WORK TASK
Within the records below, find each line with the word "Builds" and copy it out.

DATA TO USE
ghost use Rattle.std.specs.Prelude.{◌≡◌, IfOk, false};
ghost use Rattle.clap.specs.Words.{app_of, rule_of, shape_of};
ghost use Rattle.clap.specs.declared.builder.command.Command.TheViews.{out-Command};
ghost use Rattle.im_cmd_words.specs.Table.{build_options, build_row, check_row, command_line};
ghost use Rattle.im_cmd_words.specs.Table.{counted, dump_row, eval_options, eval_row, exec_row};
ghost use Rattle.im_cmd_words.specs.Table.{exec_options, file_options, flag, gen_row, limit};
ghost use Rattle.im_cmd_words.specs.Table.{numbered, operand, report_row, run_options, run_row};
ghost use Rattle.im_cmd_words.specs.Table.{step_options, upgrade_row, valued, with_rules};

use clap::builder::ValueParser;
use clap::{Arg, ArgAction};
use std::alloc::{AllocError, Global};

/// A word that a command needs, by its place.
fn operand<'a>(alloc: Global, name: &'a str, help: &'a str) -> Arg<'a>
    ensures rule { rule_of result ≡ operand name.entry.now }
    ensures local { result.global ≡ false }
{
    Arg::new(alloc, name).required(true).help(help)
}

/// A number from `least` to `most` that a command needs, by its place.
fn counted<'a>(alloc: Global, name: &'a str, least: u32, most: u32, help: &'a str) -> Arg<'a>
    ensures rule { rule_of result ≡ counted name.entry.now least most }
    ensures local { result.global ≡ false }
{
    operand(alloc, name, help).value_parser(ValueParser::signed(i64::from(least), i64::from(most)))
}

fn flag<'a>(alloc: Global, name: &'a str, help: &'a str) -> Arg<'a>
    ensures rule { rule_of result ≡ flag name.entry.now }
    ensures local { result.global ≡ false }
{
    Arg::new(alloc, name)
        .long(name)
        .action(ArgAction::SetTrue)
        .help(help)
}

/// An option whose value help calls `placeholder`.
fn valued<'a>(alloc: Global, name: &'a str, placeholder: &'a str, help: &'a str) -> Arg<'a>
    ensures rule { rule_of result ≡ valued name.entry.now }
    ensures local { result.global ≡ false }
{
    Arg::new(alloc, name)
        .long(name)
        .value_name(placeholder)
        .help(help)
}

/// An option whose value is a number from `least` to `most`.
fn limit<'a>(alloc: Global, name: &'a str, least: u32, most: u32, help: &'a str) -> Arg<'a>
    ensures rule { rule_of result ≡ limit name.entry.now least most }
    ensures local { result.global ≡ false }
{
    valued(alloc, name, "N", help).value_parser(ValueParser::signed(
        i64::from(least),
        i64::from(most),
    ))
}

/// The same, with a number that stands where the words give none.
fn numbered<'a>(
    alloc: Global,
    name: &'a str,
    default: &'a str,
    least: u32,
    most: u32,
    help: &'a str,
) -> Arg<'a>
    ensures rule { rule_of result ≡ numbered name.entry.now default.entry.now least most }
    ensures local { result.global ≡ false }
{
    limit(alloc, name, least, most, help).default_value(default)
}

/// What an image is built with.
fn with_build_options<'a>(
    alloc: Global,
    command: clap::Command<'a>,
) -> Result<clap::Command<'a>, AllocError>
    requires local { (out-Command command).has_globals ≡ false }
    ensures row { IfOk result (λ c. app_of c ≡ with_rules (app_of command.entry) build_options) }
    ensures local { IfOk result (λ c. (out-Command c).has_globals ≡ false) }
{
    let stack = "Bytes of stack, 256 to 1048576";
    let output = "Bytes of output that there is room for, 0 to 1048576";
    let gap = "Instructions of the longest gap at most, 160 to 1000000; any without it";
    command
        .arg(numbered(alloc, "stack", "65536", 256, 1_048_576, stack))?
        .arg(numbered(alloc, "out-cap", "1048576", 0, 1_048_576, output))?
        .arg(limit(alloc, "max-gap", 160, 1_000_000, gap))
}

/// The files that a run reads.
fn with_file_options<'a>(
    alloc: Global,
    command: clap::Command<'a>,
) -> Result<clap::Command<'a>, AllocError>
    requires local { (out-Command command).has_globals ≡ false }
    ensures row { IfOk result (λ c. app_of c ≡ with_rules (app_of command.entry) file_options) }
    ensures local { IfOk result (λ c. (out-Command c).has_globals ≡ false) }
{
    let input = "The file that the program reads; the input is empty without it";
    let trace = "The file that lists the periods of power; there is one without it";
    command
        .arg(valued(alloc, "input", "F", input))?
        .arg(valued(alloc, "trace", "F", trace))
}

/// How long a run lasts, whether its variables are shown, and where its last memory is stored.
fn with_step_options<'a>(
    alloc: Global,
    command: clap::Command<'a>,
) -> Result<clap::Command<'a>, AllocError>
    requires local { (out-Command command).has_globals ≡ false }
    ensures row { IfOk result (λ c. app_of c ≡ with_rules (app_of command.entry) step_options) }
    ensures local { IfOk result (λ c. (out-Command c).has_globals ≡ false) }
{
    let steps = "Instructions of the one period without --trace, 0 to 4294967295";
    let vars = "Shows the program's variables at the end";
    let save = "The file that gets the last memory";
    command
        .arg(numbered(alloc, "steps", "100000000", 0, 4_294_967_295, steps))?
        .arg(flag(alloc, "vars", vars))?
        .arg(valued(alloc, "save", "F", save))
}

/// What an image is run with.
fn with_run_options<'a>(
    alloc: Global,
    command: clap::Command<'a>,
) -> Result<clap::Command<'a>, AllocError>
    requires local { (out-Command command).has_globals ≡ false }
    ensures row { IfOk result (λ c. app_of c ≡ with_rules (app_of command.entry) run_options) }
    ensures local { IfOk result (λ c. (out-Command c).has_globals ≡ false) }
{
    with_step_options(alloc, with_file_options(alloc, command)?)
}

/// The same, and the memory that a run begins with.
fn with_exec_options<'a>(
    alloc: Global,
    command: clap::Command<'a>,
) -> Result<clap::Command<'a>, AllocError>
    requires local { (out-Command command).has_globals ≡ false }
    ensures row { IfOk result (λ c. app_of c ≡ with_rules (app_of command.entry) exec_options) }
    ensures local { IfOk result (λ c. (out-Command c).has_globals ≡ false) }
{
    let resume = "The file of a saved memory that the run begins with; --input isn't read then";
    with_run_options(alloc, command)?.arg(valued(alloc, "resume", "F", resume))
}

fn build_row<'a>(alloc: Global) -> Result<clap::Command<'a>, AllocError>
    ensures row { IfOk result (λ c. shape_of c ≡ build_row) }
    ensures local { IfOk result (λ c. (out-Command c).has_globals ≡ false) }
{
    let command = clap::Command::new(alloc, "build")
        .about("Builds a C source and stores its image")
        .arg(operand(alloc, "SRC", "The C source"))?
        .arg(operand(alloc, "IMG", "The file that gets the image"))?;
    with_build_options(alloc, command)
}

fn run_row<'a>(alloc: Global) -> Result<clap::Command<'a>, AllocError>
    ensures row { IfOk result (λ c. shape_of c ≡ run_row) }
    ensures local { IfOk result (λ c. (out-Command c).has_globals ≡ false) }
{
    let command = clap::Command::new(alloc, "run")
        .about("Builds a C source, stores its image, and runs that")
        .arg(operand(alloc, "SRC", "The C source"))?
        .arg(operand(alloc, "IMG", "The file that gets the image"))?;
    let command = with_build_options(alloc, command)?;
    with_run_options(alloc, command)
}

fn exec_row<'a>(alloc: Global) -> Result<clap::Command<'a>, AllocError>
    ensures row { IfOk result (λ c. shape_of c ≡ exec_row) }
    ensures local { IfOk result (λ c. (out-Command c).has_globals ≡ false) }
{
    let command = clap::Command::new(alloc, "exec")
        .about("Runs an image")
        .arg(operand(alloc, "IMG", "The image's file"))?;
    with_exec_options(alloc, command)
}

fn dump_row<'a>(alloc: Global) -> Result<clap::Command<'a>, AllocError>
    ensures row { IfOk result (λ c. shape_of c ≡ dump_row) }
    ensures local { IfOk result (λ c. (out-Command c).has_globals ≡ false) }
{
    clap::Command::new(alloc, "dump")
        .about("Shows what an image holds")
        .arg(operand(alloc, "IMG", "The image's file"))
}

fn upgrade_row<'a>(alloc: Global) -> Result<clap::Command<'a>, AllocError>
    ensures row { IfOk result (λ c. shape_of c ≡ upgrade_row) }
    ensures local { IfOk result (λ c. (out-Command c).has_globals ≡ false) }
{
    clap::Command::new(alloc, "upgrade")
        .about("Stores an image or a saved memory in version 2 under another name")
        .arg(operand(alloc, "IN", "The file of the image or of the memory"))?
        .arg(operand(alloc, "OUT", "The file that gets version 2"))
}

fn report_row<'a>(alloc: Global) -> Result<clap::Command<'a>, AllocError>
    ensures row { IfOk result (λ c. shape_of c ≡ report_row) }
    ensures local { IfOk result (λ c. (out-Command c).has_globals ≡ false) }
{
    let command = clap::Command::new(alloc, "report")
        .about("Builds a C source and tells its size, longest gap, frames and cuts")
        .arg(operand(alloc, "SRC", "The C source"))?;
    with_build_options(alloc, command)
}

/// What a source is evaluated with.
fn with_eval_options<'a>(
    alloc: Global,
    command: clap::Command<'a>,
) -> Result<clap::Command<'a>, AllocError>
    requires local { (out-Command command).has_globals ≡ false }
    ensures row { IfOk result (λ c. app_of c ≡ with_rules (app_of command.entry) eval_options) }
    ensures local { IfOk result (λ c. (out-Command c).has_globals ≡ false) }
{
    let input = "The file that the program reads; the input is empty without it";
    let fuel = "Calls, turns of loops, bytes read and written at most, 0 to 4294967295";
    let vars = "Shows the program's variables at the end";
    command
        .arg(valued(alloc, "input", "F", input))?
        .arg(numbered(alloc, "fuel", "1000000", 0, 4_294_967_295, fuel))?
        .arg(flag(alloc, "vars", vars))
}

fn eval_row<'a>(alloc: Global) -> Result<clap::Command<'a>, AllocError>
    ensures row { IfOk result (λ c. shape_of c ≡ eval_row) }
    ensures local { IfOk result (λ c. (out-Command c).has_globals ≡ false) }
{
    let command = clap::Command::new(alloc, "eval")
        .about("Evaluates what a C source means, with the frames of its build")
        .arg(operand(alloc, "SRC", "The C source"))?;
    let command = with_build_options(alloc, command)?;
    with_eval_options(alloc, command)
}

fn gen_row<'a>(alloc: Global) -> Result<clap::Command<'a>, AllocError>
    ensures row { IfOk result (λ c. shape_of c ≡ gen_row) }
    ensures local { IfOk result (λ c. (out-Command c).has_globals ≡ false) }
{
    clap::Command::new(alloc, "gen")
        .about("Builds and runs a made source, and tells its output's length and sum")
        .arg(counted(alloc, "N", 1, 300, "Functions of the source, 1 to 300"))
}

fn check_row<'a>(alloc: Global) -> Result<clap::Command<'a>, AllocError>
    ensures row { IfOk result (λ c. shape_of c ≡ check_row) }
    ensures local { IfOk result (λ c. (out-Command c).has_globals ≡ false) }
{
    clap::Command::new(alloc, "check")
        .about("Tells where and why a C source is refused")
        .arg(operand(alloc, "SRC", "The C source"))
}

/// The table of commands, as clap reads it.
pub(crate) fn command_table<'a>(alloc: Global) -> Result<clap::Command<'a>, AllocError>
    ensures { IfOk result (λ c. app_of c ≡ command_line) }
{
    clap::Command::new(alloc, "intermit")
        .about("Compiles C for devices that lose power, and runs the images")
        .after_help("`intermit COMMAND --help` tells a command's options.")
        .subcommand_required(true)
        .subcommand(build_row(alloc)?)?
        .subcommand(run_row(alloc)?)?
        .subcommand(exec_row(alloc)?)?
        .subcommand(dump_row(alloc)?)?
        .subcommand(upgrade_row(alloc)?)?
        .subcommand(report_row(alloc)?)?
        .subcommand(eval_row(alloc)?)?
        .subcommand(gen_row(alloc)?)?
        .subcommand(check_row(alloc)?)
}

RESULT
        .about("Builds a C source and stores its image")
        .about("Builds a C source, stores its image, and runs that")
        .about("Builds a C source and tells its size, longest gap, frames and cuts")
        .about("Builds and runs a made source, and tells its output's length and sum")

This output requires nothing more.